Eur. Phys. J. Special Topics 189, 103-118 (2010)
https://doi.org/10.1140/epjst/e2010-01313-1

Regular Article

The localization transition of the two-dimensional Lorentz model

¹ Arnold Sommerfeld Center for Theoretical Physics (ASC) and Center for NanoScience (CeNS), Fakultät für Physik, Ludwig-Maximilians-Universität München, Theresienstraße 37, 80333 München, Germany
² Rudolf Peierls Centre for Theoretical Physics, 1 Keble Road, Oxford OX1 3NP, UK
³ Max-Planck-Institut für Metallforschung, Heisenbergstraße 3, 70569 Stuttgart, Germany
⁴ Institut für Theoretische Physik, Friedrich-Alexander-Universität Erlangen-Nürnberg, Staudtstraße 7, 91058 Erlangen, Germany
⁵ Institut für Theoretische und Angewandte Physik, Universität Stuttgart, Pfaffenwaldring 57, 70569 Stuttgart, Germany

Received: 1 September 2010
Revised: 14 September 2010
Published online: 12 November 2010

Abstract

We investigate the dynamics of a single tracer particle performing Brownian motion in a two-dimensional course of randomly distributed hard obstacles.

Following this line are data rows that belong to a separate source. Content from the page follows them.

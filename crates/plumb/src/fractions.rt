// Quotients of two whole numbers, the bottom one above 0, and their order: no product is made, as it would not fit.
ghost use Rattle.std.specs.Prelude.{◌≡◌, ◌<◌, pos};
ghost use Rattle.laws.specs.Fractions.{compared};
ghost use Rattle.plumb.specs.Held.{Held};

use std::cmp::Ordering;

#[derive(Clone, Copy)]
pub(crate) struct Fraction {
    pub(crate) top: i64,
    pub(crate) bottom: i64,
    ghost held: { Held (record { top = top; bottom = bottom }) },
}

impl Fraction {
    ghost use Rattle.std.specs.Prelude.{◌≢◌};
    ghost use Rattle.laws.specs.Numbers.{Within};
    ghost use Rattle.volume.specs.Volume.{most_normal};
    ghost use Rattle.rules.specs.Plumb.{height};
    ghost use Rattle.plumb.specs.Fractions.{ratio};
    ghost use Rattle.plumb.specs.Held.{most_rest};

    // top / bottom, both turned where the bottom is below 0.
    pub(crate) fn new(top: i64, bottom: i64) -> Self
        requires { (bottom ≢ pos 0) × Within most_rest top × Within most_normal bottom }
        ensures { ratio result ≡ height bottom top }
    {
        if bottom < 0 {
            Fraction {
                top: -top,
                bottom: -bottom,
            }
        } else {
            Fraction { top, bottom }
        }
    }
}

// a/b against c/d by their whole parts, then by the remainders turned over, and so on until one runs out.
fn compare_unsigned(a: u64, b: u64, c: u64, d: u64) -> Ordering
    requires { (0 < b) × (0 < d) }
    ensures { result ≡ compared (pos a) (pos b) (pos c) (pos d) Ordering.Less Ordering.Equal Ordering.Greater }
{
    match (a / b).cmp(&(c / d)) {
        Ordering::Equal => match (a % b, c % d) {
            (0, 0) => Ordering::Equal,
            (0, _) => Ordering::Less,
            (_, 0) => Ordering::Greater,
            (r, s) => compare_unsigned(d, s, b, r),
        },
        unequal => unequal,
    }
}

// The order is that of the values: 1/2 is 2/4, so `==` is not derived either.
impl Ord for Fraction {
    ghost use Rattle.std.specs.Prelude.{refl};
    ghost use Rattle.plumb.specs.Fractions.{fraction_cmp};
    ghost use Rattle.plumb.specs.FractionOrder.{fraction_total};

    ghost cmp = { fraction_cmp };

    ghost total = { fraction_total };

    ghost matches_partial_cmp = { λ x y. refl };

    ghost matches_eq = { λ x y. refl };

    // The first step, whose tops can be below 0; no remainder is.
    fn cmp(&self, other: &Fraction) -> Ordering {
        let whole = self.top.div_euclid(self.bottom);
        match whole.cmp(&other.top.div_euclid(other.bottom)) {
            Ordering::Equal => compare_unsigned(
                self.top.rem_euclid(self.bottom).unsigned_abs(),
                self.bottom.unsigned_abs(),
                other.top.rem_euclid(other.bottom).unsigned_abs(),
                other.bottom.unsigned_abs(),
            ),
            unequal => unequal,
        }
    }
}

impl PartialOrd for Fraction {
    ghost use Rattle.std.specs.Ordering.{as_partial_cmp};
    ghost use Rattle.std.specs.Cmp.{partial_order_from_total};
    ghost use Rattle.plumb.specs.Fractions.{fraction_cmp};
    ghost use Rattle.plumb.specs.FractionOrder.{fraction_total};

    ghost partial_cmp = { as_partial_cmp fraction_cmp };

    ghost laws = { partial_order_from_total fraction_total };

    fn partial_cmp(&self, other: &Fraction) -> Option<Ordering> {
        Some(self.cmp(other))
    }
}

impl Eq for Fraction {
    ghost use Rattle.std.specs.Cmp.{eq_by_cmp_equiv};
    ghost use Rattle.plumb.specs.FractionOrder.{fraction_total};

    ghost laws = { eq_by_cmp_equiv fraction_total };
}

impl PartialEq for Fraction {
    ghost use Rattle.std.specs.Ordering.{eq_by_cmp};
    ghost use Rattle.std.specs.Cmp.{eq_by_cmp_equiv};
    ghost use Rattle.std.specs.Cmp;
    ghost use Rattle.plumb.specs.Fractions.{fraction_cmp};
    ghost use Rattle.plumb.specs.FractionOrder.{fraction_total};

    ghost eq = { eq_by_cmp fraction_cmp };

    ghost laws = { Cmp.partial_equiv_from_equiv (eq_by_cmp_equiv fraction_total) };

    fn eq(&self, other: &Fraction) -> bool {
        self.cmp(other).is_eq()
    }
}
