// The bounds that the faces of a table give the height of a line at x and y.
ghost use Rattle.std.specs.Prelude.{◌≡◌, true};
ghost use Rattle.laws.specs.Numbers.{Within};
ghost use Rattle.touches.specs.Touches.{touch, touch_count};
ghost use Rattle.volume.specs.Volume.{most_normal};
ghost use Rattle.rules.specs.Plumb.{bounded, unbounded, bounds};
ghost use Rattle.table.specs.Table.{faces_in, usable};
ghost use Rattle.points.specs.Sizes.{Number};
ghost use Rattle.plumb.specs.Held.{most_rest};
ghost use Rattle.plumb.specs.Bounds.{bounds_of, rest_at};

use crate::fractions::Fraction;
use points::whole::{WholePlane, plane_on};
use touches::{Place, TouchList};

// What the faces so far say: whether the upright ones admit the line, and the tightest bounds of its height.
#[derive(Clone, Copy)]
pub(crate) struct Bounds {
    pub(crate) admits: bool,
    pub(crate) above: Option<Fraction>,
    pub(crate) below: Option<Fraction>,
}

// One face: looking up it bounds the height above, looking down below; upright it admits a line that is on or behind it.
// The first of equals stays: `min` answers its own side where both are equal, and `max` the other.
fn look_at_face(b: Bounds, facing: i64, rest: i64) -> Bounds
    requires { Within most_normal facing × Within most_rest rest }
    ensures { bounds_of result ≡ bounded facing rest (bounds_of b) }
{
    if facing == 0 {
        return Bounds {
            admits: b.admits && 0 <= rest,
            ..b
        };
    }
    let t = Fraction::new(rest, facing);
    if 0 < facing {
        Bounds {
            above: Some(b.above.map_or(t, |s| s.min(t))),
            ..b
        }
    } else {
        Bounds {
            below: Some(b.below.map_or(t, |s| t.max(s))),
            ..b
        }
    }
}

// What is left of the offset of plane p over q's x and y for the height.
fn rest(p: WholePlane, q: Place) -> i64
    ensures { Number most_rest (rest_at p q.x q.y) result }
{
    p.offset - p.normal.x * q.x - p.normal.y * q.y
}

// The faces one after another, at q's x and y.
pub(crate) fn tightest(list: &TouchList<'_>, faces: &[u16], q: Place) -> Bounds
    requires { usable (touch_count list.now.lent.now) faces.now ≡ true }
    ensures { bounds_of result ≡ bounds (touch list.now.lent.now) q.x q.y unbounded (faces_in faces.now) }
{
    let mut b = Bounds {
        admits: true,
        above: None,
        below: None,
    };
    for &f in table::faces(faces) {
        let p = plane_on(list, touches::corners(f));
        b = look_at_face(b, p.normal.z, rest(p, q));
    }
    b
}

At a certain critical obstacle density, the motion of the tracer becomes anomalous over many decades in time, which is rationalized in terms of an underlying percolation transition of the void space. In the vicinity of this critical density the dynamics follows the anomalous one up to a crossover time scale where the motion becomes either diffusive or localized. We analyze the scaling behavior of the time-dependent diffusion coefficient D(t) including corrections to scaling. Away from the critical density, D(t) exhibits universal hydrodynamic long-time tails both in the diffusive as well as in the localized phase.